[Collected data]
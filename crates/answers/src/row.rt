ghost use Rattle.std.specs.Prelude.{◌≡◌, ℕ, ◌≤◌, cond, not, ◌==◌, ◌&&◌, ◌||◌};
ghost use Rattle.labels.specs.Sets.{has};

use label_words::{contains, inserted};

/// What is known of the swaps of one label, in the set or outside it: the labels with which one leads to an independent set, and those with which it does not.
#[derive(Clone, Copy, Debug)]
pub struct Row {
    pub yes: u64,
    pub no: u64,
}

/// All labels or none.
fn all(held: bool) -> u64
    ensures { result ≡ cond held 18446744073709551615 0 }
{
    if held { u64::MAX } else { 0 }
}

/// `set` with `label`, or without it.
// The compiler makes no branch of this, nor of `all`: rows are carried for each label of the set at each exchange, where no branch would be foreseen.
pub(crate) fn with(set: u64, label: u8, held: bool) -> u64
    requires { (1 ≤ label) × (label ≤ 64) }
    ensures { (b : ℕ) → has result b ≡ cond (b == label) held (has set b) }
{
    let one = inserted(0, label);
    set & !one | (held as u64) << (label - 1)
}

impl Row {
    /// Nothing is known.
    pub(crate) const NOTHING: Row = Row { yes: 0, no: 0 };

    /// The same, and what the swap with `outside` leads to.
    pub(crate) fn noted(self, outside: u8, answer: bool) -> Row
        requires { (1 ≤ outside) × (outside ≤ 64) }
        ensures yes { (b : ℕ) → has result.yes b ≡ cond (b == outside) answer (has self.yes b) }
        ensures no { (b : ℕ) → has result.no b ≡ cond (b == outside) (not answer) (has self.no b) }
    {
        Row {
            yes: with(self.yes, outside, answer),
            no: with(self.no, outside, !answer),
        }
    }

    /// The row of the label that came in, from that of the label `leaving`, which it took the place of.
    pub(crate) fn taken_over(self, leaving: u8) -> Row
        requires { (1 ≤ leaving) × (leaving ≤ 64) }
        ensures yes { (b : ℕ) → has result.yes b ≡ (b == leaving || has self.yes b) }
        ensures no { (b : ℕ) → has result.no b ≡ (not (b == leaving) && has self.no b) }
    {
        self.noted(leaving, true)
    }

    /// What is still known of another label, once `leaving`, with the row `gone`, was swapped with `entering`.
    pub(crate) fn carried(self, gone: Row, leaving: u8, entering: u8) -> Row
        requires { (1 ≤ leaving) × (leaving ≤ 64) }
        ensures yes { (b : ℕ) → has result.yes b ≡ cond (b == leaving) (has self.yes entering) (has self.yes b && (has self.no entering || has gone.no b) || has self.yes entering && (has gone.yes b && has self.no b)) }
        ensures no { (b : ℕ) → has result.no b ≡ cond (b == leaving) (has self.no entering) (has self.no b && (has self.no entering || has gone.no b)) }
    {
        let yes = contains(self.yes, entering);
        let no = contains(self.no, entering);
        let stays = all(no) | gone.no;
        let turns = all(yes) & gone.yes & self.no;
        Row {
            yes: with(self.yes & stays | turns, leaving, yes),
            no: with(self.no & stays, leaving, no),
        }
    }
}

• ACTION ITEM
Note each line of the entries that has "specs" in it, and copy those lines.

• EXPECTED OUTPUT
ghost use Rattle.std.specs.Prelude.{◌≡◌, ℕ, ◌≤◌, cond, not, ◌==◌, ◌&&◌, ◌||◌};
ghost use Rattle.labels.specs.Sets.{has};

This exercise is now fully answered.